Entwicklung eines online-Programms bestehend aus 12 allgemeinmedizinischen Fällen unter besonderer Betonung des Zusammenhangs zwischen Klinik und vorklinischen Fächern (z.B. Fall Hypertonie - Physiologie, Biochemie und Pathophysiologie/Pathobiochemie der Blutdruckregulation). Dem Studenten soll hier in einem interdisziplinären Ansatz problemorientiertes Lernen ermöglicht werden. Hierzu eignet sich das elektronische Lernmedium in besonderer Weise, da es die Vernetzung von Lerninhalten nach den individuellen Bedürfnissen des Lernenden ermöglicht.

Gleichzeitig werden dieselben Lehrinhalte für eine Präsenzveranstaltung (1 SWS) ausgearbeitet. 60 freiwillige Medizinstudenten der Philipps-Universität Marburg aus dem 2. - 4. vorklinischen Semester werden randomisiert je zur Hälfte dem online-Programm oder der Präsenzveranstaltung zugeteilt. Am Ende der Veranstaltung findet für alle eine Erfolgskontrolle statt.
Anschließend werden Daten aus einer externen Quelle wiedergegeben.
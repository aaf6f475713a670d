// A thousand ranges of a file of 200,000 pairs: scanning the file for each of them wouldn't end in time.
ghost use Rattle.std.specs.Prelude.{◌≡◌, ◌<◌, [], false, length};
ghost use Rattle.bdb_tool.specs.of_image.Linked.{HasMetadata};
ghost use Rattle.bdb_tool.specs.of_format.Terms.{BtreeFields, database_faults, databases, file_of, is_recno, structure_faults};

use crate::generated::text_of;
use crate::loaded::image_of;
use crate::settled::list_of;
use bdb_tool::{
    BtreeMeta, Db, KeyRef, Kind, Linked, Meta, PairSlice, Sound, Steps, pairs_of, span, verify,
};
use std::alloc::Global;
use std::marker::Brand;
use std::sync::ledger::{Blank, Ledger};
use std::test::Fail;
use test_lists::{is_pair_at, pair_of};

// How many pairs a range has.
const PAIRS: usize = 10;

// How many pairs one begins behind another.
const APART: usize = 199;

// The bytes of the key at a place of a list; none past its end.
fn key_at(list: PairSlice<'_>, place: usize) -> Option<&[u8]> {
    match pair_of(list, place)?.key {
        KeyRef::Bytes(key) => Some(key),
        KeyRef::Number(_) => None,
    }
}

// Whether the range from the key at a place to that ten places behind it has just the pairs between.
fn is_range<L: Ledger>(
    linked: &Linked<'_>,
    meta: &BtreeMeta,
    list: PairSlice<'_>,
    start: usize,
    steps: &mut Steps<L>,
) -> bool
    requires meta { HasMetadata (file_of linked.now) (BtreeFields meta.now) }
    requires keys { is_recno meta.now ≡ false }
    requires stage { structure_faults (file_of linked.now) ≡ [] }
    requires contents { database_faults (file_of linked.now) (BtreeFields meta.now) ≡ [] }
{
    let end = start.saturating_add(PAIRS);
    let (Some(from), Some(to)) = (key_at(list, start), key_at(list, end)) else {
        return false;
    };
    let leaves = span(linked, meta, from, to, steps);
    let mut place = start;
    for (key, datum) in pairs_of(linked, meta, &leaves, from, to) {
        if place >= end || !is_pair_at(list, place, &key, &datum) {
            return false;
        }
        place = place.saturating_add(1);
    }
    place == end
}

// Whether all ranges of a btree are so.
fn are_ranges<L: Ledger>(
    linked: &Linked<'_>,
    meta: &BtreeMeta,
    list: PairSlice<'_>,
    steps: &mut Steps<L>,
) -> bool
    requires meta { HasMetadata (file_of linked.now) (BtreeFields meta.now) }
    requires stage { structure_faults (file_of linked.now) ≡ [] }
    requires contents { database_faults (file_of linked.now) (BtreeFields meta.now) ≡ [] }
{
    if meta.is_recno() {
        return false;
    }
    for turn in 0..1000usize {
        if !is_range(linked, meta, list, turn * APART, steps) {
            return false;
        }
    }
    true
}

// Whether a database is a btree, and all its ranges are so.
fn has_ranges<L: Ledger>(
    sound: &Sound<'_>,
    db: Db,
    list: PairSlice<'_>,
    steps: &mut Steps<L>,
) -> bool
    requires { db < length (databases (file_of sound.now)) }
{
    match sound.meta(db) {
        Meta::Btree(meta) => are_ranges(sound.linked(), meta, list, steps),
        _ => false,
    }
}

// The same of the first database of an image.
fn image_has_ranges<L: Ledger>(
    alloc: Global,
    image: &[u8],
    list: PairSlice<'_>,
    blank: Blank,
) -> bool
    requires name { blank.name ≡ L.name }
    requires parts { blank.parts ≡ L.parts }
    requires one { L.parts ≡ 1 }
{
    if image.len() > 1 << 30 {
        return false;
    }
    let mut steps = Steps::<L>::new(blank);
    let Ok(sound) = verify(alloc, image, &mut steps) else {
        return false;
    };
    sound.databases() == 1 && has_ranges(&sound, sound.database(0), list, &mut steps)
}

#[test]
fn gives_a_thousand_ranges_of_a_large_file(rt: HostRuntime) -> Result<(), Fail> {
    let alloc = rt.alloc();
    let text = text_of(alloc, Kind::Btree, b"VERSION=3\ntype=btree\nHEADER=END\n")?;
    let list = list_of(alloc, text.as_slice())?;
    let image = image_of(alloc, text.as_slice())?;
    assert!(rt; image_has_ranges::<Brand>(alloc, image.as_slice(), list.as_slice(), Blank::new(1)));
    Ok(())
}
Zusätzlich werden beide Lehrmethoden mittels Interview und Fragebogen evaluiert.

Relevanz:

e-learning-Methodik bietet sich an, um anschaulich klinische Lehrinhalte in die Vorklinik einzubringen, da es oft nicht praktikabel ist, die Studenten bereits in ausreichendem Umfang in die Patientenversorgung zu integrieren. Sollte sich ein e-learning-Programm als der Präsenzlehre überlegen oder zumindest gleichwertig erweisen, wäre damit ein für den Studenten interessantes und effektives Lehrmittel entwickelt, das weiter ausgebaut werden kann ohne die sehr begrenzten zeitlichen Resourcen auf Seite der Lehrenden in dem Maße zu beanspruchen wie es bei ausschließlicher Präsenzlehre der Fall wäre.